- Born: James Farl Powers July 8, 1917 Jacksonville, Illinois, U.S.
- Died: June 12, 1999 (aged 81) Collegeville, Minnesota, U.S.
- Occupations: Novelist, short story writer
- Spouse: Betty Wahl ​(m. 1946)​
- Children: 5
- Writing career
- Notable awards: National Book Award for Fiction, 1963

= J. F. Powers =

American writer (1917–1999)

James Farl Powers (July 8, 1917 – June 12, 1999) was an American novelist and short story writer who often drew his inspiration from developments in the Catholic Church, and was known for his studies of Catholic priests in the Midwest. Although not a priest himself, he is known for having captured a "clerical idiom" in postwar North America. His first novel, Morte d'Urban, won the 1963 National Book Award for Fiction.

==Early life==
Powers was born in Jacksonville, Illinois to a devout Catholic family. He graduated from Quincy College Academy, a Franciscan high school. He took English and philosophy courses at Wright Junior College and at Northwestern University in Chicago, but did not earn a degree. He had various jobs, such as insurance salesman, sales clerk, editor and bookstore clerk.

==Career==
Powers was a conscientious objector during World War II, and went to prison for it. Later he worked as a hospital orderly. His first writing experiment began as a spiritual exercise during a religious retreat.

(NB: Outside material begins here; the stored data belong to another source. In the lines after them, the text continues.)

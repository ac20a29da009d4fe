//! The lines of a text.
ghost use Rattle.std.specs.Prelude.{◌≡◌, ◌∷◌, ◌<◌, length};
ghost use Rattle.script_lines.specs.Text.{lines_of};

use memchr::memchr;

/// The first line of a text that isn't empty, without its line feed, and what stands behind that. A last line without a line feed
/// is a line too.
#[inline]
pub fn first_line(text: &[u8]) -> (&[u8], &[u8])
    requires { 0 < length text.now }
    ensures lines { lines_of text.now ≡ result.0.now ∷ lines_of result.1.now }
    ensures shorter { length result.1.now < length text.now }
{
    match memchr(b'\n', text) {
        Some(end) => (&text[..end], text.split_at(end + 1).1),
        None => (text, &[]),
    }
}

His work has long been admired for its gentle satire and its astonishing ability to recreate with a few words the insular but gradually changing world of post-World War II American Catholicism. Evelyn Waugh, Flannery O'Connor, and Walker Percy praised his work, and Frank O'Connor spoke of him as "among the greatest living storytellers".

Prince of Darkness and Other Stories appeared in 1947. His story "The Valiant Woman" received the O. Henry Award in 1947. The Presence of Grace (1956) was also a collection of short stories. His first novel was Morte d'Urban (1962), which won the 1963 National Book Award for Fiction.
Look How the Fish Live appeared in 1975 and Wheat that Springeth Green in 1988.

Powers lived in Ireland for thirteen years. After moving back and forth from Ireland, he settled with his family in Collegeville, Minnesota, where he taught creative writing and English literature at Saint John's University.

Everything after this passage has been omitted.